Mais protéger les Français, ce n’est pas se satisfaire d’une politique du chèque ou d’une vision court-termiste. C’est assumer qu’il faut à la fois répondre aux urgences du quotidien, financer l’action publique, préparer l’avenir et protéger nos comptes.

C’est autour de ces quatre axes que s’articule notre action, et il n’y a pas à choisir parmi ces objectifs, même s’ils peuvent parfois sembler contradictoires. Car, en réalité, il faut tout mener de front.

Le premier axe de ce projet de loi de finances est de répondre à l’urgence de la fin du mois, dans un contexte où l’inflation demeure à un niveau élevé, +6, 2 % au mois d’octobre 2022 par rapport à son niveau d’octobre 2021.

Répondre à l’urgence, nous le faisons avec le maintien des boucliers énergétiques l’année prochaine, tout en prévoyant une hausse contenue à 15 %. Concrètement, si cette mesure n’était pas votée, dès le début de l’année prochaine, un ménage chauffé à l’électricité payerait en moyenne 121 euros de plus par mois, tandis qu’un ménage chauffé au gaz verrait ses factures alourdies, également en moyenne, de 185 euros par mois.

Répondre à l’urgence, nous le faisons aussi avec l’indexation du barème de l’impôt sur le revenu. Bien sûr, c’est un ajustement qui est fait chaque année. Mais lorsque l’inflation dépasse les 5 %, chacun comprendra que la décision n’a pas la même portée ; lors de certaines années, d’ailleurs, nous n’avons pas procédé à cette indexation.

Le coût de cette mesure témoigne de sa portée, puisque ce sont 6, 2 milliards d’euros que nous rendons aux Français ou – pour être plus précis – auxquels nous renonçons pour préserver leur portefeuille.
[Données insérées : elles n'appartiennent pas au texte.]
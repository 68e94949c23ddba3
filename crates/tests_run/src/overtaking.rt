//! A terminal that another overtakes at each try of an input, so that it gives that one up.
ghost use Rattle.std.specs.Prelude.{◌≡◌};

use crate::meeting::TURNS;
use std::sync::atomic::{AtomicU32, Ordering};
use std::thread;
use terminals::{Calls, Gate, TRIES};

/// How many commits the fast terminal makes beside each of the other's tries. Not all of them write the district's
/// row, but one in so many does.
const BESIDE: u32 = 5;

/// What the two tell each other: how often the slow one has executed an input, and how often the fast one has
/// committed. And how often one of them has waited for the other in vain.
#[derive(Default, Drop)]
pub(crate) struct Overtaking {
    executed: AtomicU32,
    committed: AtomicU32,
    in_vain: AtomicU32,
}

impl Overtaking {
    /// How often one has waited in vain.
    pub(crate) fn in_vain(&self) -> u32 {
        self.in_vain.load(Ordering::SeqCst)
    }

    /// The slow one has executed its input, and waits until others have committed: at its first 64 tries.
    fn give_way(&self) {
        let tries = self.executed.fetch_add(1, Ordering::SeqCst).min(TRIES - 1);
        self.wait(&self.committed, (tries + 1) * BESIDE);
    }

    /// The fast one waits until the other has executed its input once more, as long as that tries its first one.
    fn follow(&self) {
        let tries = self.committed.load(Ordering::SeqCst) / BESIDE;
        self.wait(&self.executed, tries.min(TRIES - 1) + 1);
    }

    /// The fast one has committed.
    fn pass(&self) {
        self.committed.fetch_add(1, Ordering::SeqCst);
    }

    /// Waits until a word is at least so much.
    fn wait(&self, word: &AtomicU32, least: u32) {
        for _ in 0..TURNS {
            if word.load(Ordering::SeqCst) >= least {
                return;
            }
            thread::yield_now();
        }
        self.in_vain.fetch_add(1, Ordering::SeqCst);
    }
}

/// The gate of one of the two.
#[derive(Drop)]
pub(crate) struct Lane<'a> {
    pub(crate) calls: Calls,
    pub(crate) overtaking: &'a Overtaking,
    pub(crate) is_fast: bool,
}

impl<'a> Gate for Lane<'a> {
    ghost calls = { λ gate. gate.calls };

    fn before_execute(&mut self) {
        self.calls.before_execute();
    }

    fn before_commit(&mut self) {
        if self.is_fast {
            self.overtaking.follow();
        } else {
            self.overtaking.give_way();
        }
        self.calls.before_commit();
    }

    fn after_commit(&mut self) {
        if self.is_fast {
            self.overtaking.pass();
        }
        self.calls.after_commit();
    }
}
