//! The end of a run.
ghost use Rattle.std.specs.Prelude.{◌≡◌, ◌+◌, ◌^◌, ◌<◌, ◌≤◌, length, map, IfOk, vec_capacity, []};
ghost use Rattle.std.specs.List.{sum_by};
ghost use Rattle.book.specs.Share.{parts_of, share_commits};
ghost use Rattle.run_threads.specs.History.{IsMadeBy};
ghost use Rattle.run_threads.specs.Tally.{AreTallySums};

use crate::counts::Counts;
use crate::outcome::{Outcome, Written};
use crate::pace::Pace;
use crate::progress::RunProgress;
use crate::sums::gathered;
use crate::tally::Tally;
use crate::worker::TerminalThread;
use crate::writer::{Turned, Writer};
use book::{Closed, Engine, Run, Share};
use lane_logger::LoggedRun;
use log_disk::Disk;
use std::alloc::{AllocError, Global};
use std::sync::Wait;
use terminals::Gate;
use terminals_deck::Deck;

/// The memory that the end of terminals' work takes.
#[derive(Drop)]
pub(crate) struct TerminalRoom<K: Run> {
    pub(crate) tallies: Vec<Tally>,
    pub(crate) shares: Vec<Share<K>>,
    pub(crate) decks: Vec<Deck>,
}

impl<K: Run> TerminalRoom<K> {
    /// For so many terminals.
    pub(crate) fn new(alloc: Global, terminals: usize) -> Result<TerminalRoom<K>, AllocError>
        ensures tallies { IfOk result (λ room. (room.tallies.items ≡ []) × (terminals ≤ vec_capacity room.tallies)) }
        ensures shares { IfOk result (λ room. (room.shares.items ≡ []) × (terminals ≤ vec_capacity room.shares)) }
        ensures decks { IfOk result (λ room. (room.decks.items ≡ []) × (terminals ≤ vec_capacity room.decks)) }
    {
        Ok(TerminalRoom {
            tallies: Vec::with_capacity(alloc, terminals)?,
            shares: Vec::with_capacity(alloc, terminals)?,
            decks: Vec::with_capacity(alloc, terminals)?,
        })
    }
}

/// The memory that the end of loggers' work takes.
#[derive(Drop)]
pub(crate) struct LoggerRoom<K: LoggedRun, D: Disk, P: Pace> {
    pub(crate) turned: Vec<Turned<K, D, P>>,
    pub(crate) files: Vec<Written<D>>,
    pub(crate) paces: Vec<P>,
}

impl<K: LoggedRun, D: Disk + Drop, P: Pace + Drop> LoggerRoom<K, D, P> {
    /// For so many loggers.
    pub(crate) fn new(alloc: Global, loggers: usize) -> Result<LoggerRoom<K, D, P>, AllocError>
        ensures turned { IfOk result (λ room. (room.turned.items ≡ []) × (loggers ≤ vec_capacity room.turned)) }
        ensures files { IfOk result (λ room. (room.files.items ≡ []) × (loggers ≤ vec_capacity room.files)) }
        ensures paces { IfOk result (λ room. (room.paces.items ≡ []) × (loggers ≤ vec_capacity room.paces)) }
    {
        Ok(LoggerRoom {
            turned: Vec::with_capacity(alloc, loggers)?,
            files: Vec::with_capacity(alloc, loggers)?,
            paces: Vec::with_capacity(alloc, loggers)?,
        })
    }
}

/// The end of a run: loggers take their last turns, terminals acknowledge, and the engine is closed.
pub(crate) fn settled<K: LoggedRun, G: Gate + Drop, D: Disk + Drop, P: Pace + Drop, R: Wait>(
    rt: &R,
    engine: Engine<K>,
    workers: Vec<TerminalThread<K, G>>,
    writers: Vec<Writer<K, D, P>>,
    ends: TerminalRoom<K>,
    turns: LoggerRoom<K, D, P>,
    progress: &RunProgress,
) -> Outcome<K, D>
    requires count { length workers.items ≡ K.parts }
    requires few { K.parts < 2 ^ 16 }
    requires tallies { (ends.tallies.items ≡ []) × (length workers.items ≤ vec_capacity ends.tallies) }
    requires shares { (ends.shares.items ≡ []) × (length workers.items ≤ vec_capacity ends.shares) }
    requires decks { (ends.decks.items ≡ []) × (length workers.items ≤ vec_capacity ends.decks) }
    requires turned { (turns.turned.items ≡ []) × (length writers.items ≤ vec_capacity turns.turned) }
    requires files { (turns.files.items ≡ []) × (length writers.items ≤ vec_capacity turns.files) }
    requires paces { (turns.paces.items ≡ []) × (length writers.items ≤ vec_capacity turns.paces) }
    ensures history { IsMadeBy K.parts K.run.past K.run.first result.closed }
    ensures commits { result.counts.commits ≡ length result.closed }
    ensures tallies { result.tallies.items ≡ map (λ worker. worker.tally) workers.items }
    ensures decks { result.decks.items ≡ map (λ worker. worker.terminal.deck) workers.items }
    ensures sums { AreTallySums result.tallies.items result.counts }
{
    let TerminalRoom {
        mut tallies,
        mut shares,
        mut decks,
    } = ends;
    let LoggerRoom {
        mut turned,
        mut files,
        mut paces,
    } = turns;
    last_turns(rt, &engine, writers, &mut turned, progress);
    end_turns(rt, &engine, turned, &mut files, &mut paces, progress);
    let acknowledged = gathered(&engine, workers, &mut tallies, &mut shares, &mut decks);
    progress.note_acknowledged(acknowledged);
    end_paces(paces, progress);
    let counts = Counts::of(&tallies, progress.durable(), acknowledged);
    let closed = closed_of(engine, shares);
    Outcome {
        counts,
        tallies,
        decks,
        files,
        closed,
    }
}

/// Ends an engine for the shares of all its terminals.
fn closed_of<K: Run>(engine: Engine<K>, shares: Vec<Share<K>>) -> Closed<K>
    requires { sum_by parts_of shares.items ≡ K.parts }
    ensures history { IsMadeBy K.parts K.run.past K.run.first result }
    ensures commits { length result ≡ sum_by share_commits shares.items }
{
    let closed = engine.close(shares);
    // The contract of the history says that it is legal.
    let _ = closed.history();
    closed
}

/// Each logger's pace hears that the run has ended, the first first.
fn end_paces<P: Pace + Drop>(paces: Vec<P>, progress: &RunProgress) {
    for pace in paces {
        end_pace(pace, progress);
    }
}

/// A logger's pace hears it.
fn end_pace<P: Pace + Drop>(pace: P, progress: &RunProgress) {
    let mut pace = pace;
    pace.end(progress);
}

/// Each logger takes its last turn, the first first; there is room for what they are then.
fn last_turns<K: LoggedRun, D: Disk + Drop, P: Pace + Drop, R: Wait>(
    rt: &R,
    engine: &Engine<K>,
    writers: Vec<Writer<K, D, P>>,
    turned: &mut Vec<Turned<K, D, P>>,
    progress: &RunProgress,
)
    requires room { length turned.old.items + length writers.items ≤ vec_capacity turned.old }
    ensures count { length turned.new.items ≡ length turned.old.items + length writers.items }
{
    for writer in writers {
        turned.push_reserved(writer.last_turn(rt, engine, progress));
    }
}

/// Each logger ends, the first first, and gives its file and its pace, for which there is room.
fn end_turns<K: LoggedRun, D: Disk + Drop, P: Pace + Drop, R: Wait>(
    rt: &R,
    engine: &Engine<K>,
    turned: Vec<Turned<K, D, P>>,
    files: &mut Vec<Written<D>>,
    paces: &mut Vec<P>,
    progress: &RunProgress,
)
    requires files { length files.old.items + length turned.items ≤ vec_capacity files.old }
    requires paces { length paces.old.items + length turned.items ≤ vec_capacity paces.old }
{
    for logger in turned {
        let mut logger = logger;
        logger.retry(rt, engine, progress);
        let (file, pace) = logger.end();
        files.push_reserved(file);
        paces.push_reserved(pace);
    }
}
Oui, nous voulons continuer à redonner du pouvoir d’achat aux Français. Je veux d’ailleurs souligner que, parmi les amendements retenus en première lecture dans le texte considéré comme adopté par l’Assemblée nationale, figurent un certain nombre de mesures qui vont redonner de l’oxygène au pays.

Redonner de l’oxygène à ceux qui travaillent, avec la hausse de la valeur faciale des titres-restaurants de 11, 84 à 13 euros.

Redonner de l’oxygène aux parents qui doivent faire garder leurs enfants, avec la hausse de 50 % du plafond du crédit d’impôt pour garde d’enfants, porté à 3 500 euros.

Redonner de l’oxygène à nos entrepreneurs, avec la hausse du plafond permettant de bénéficier du taux réduit d’impôt sur les sociétés (IS) pour les PME.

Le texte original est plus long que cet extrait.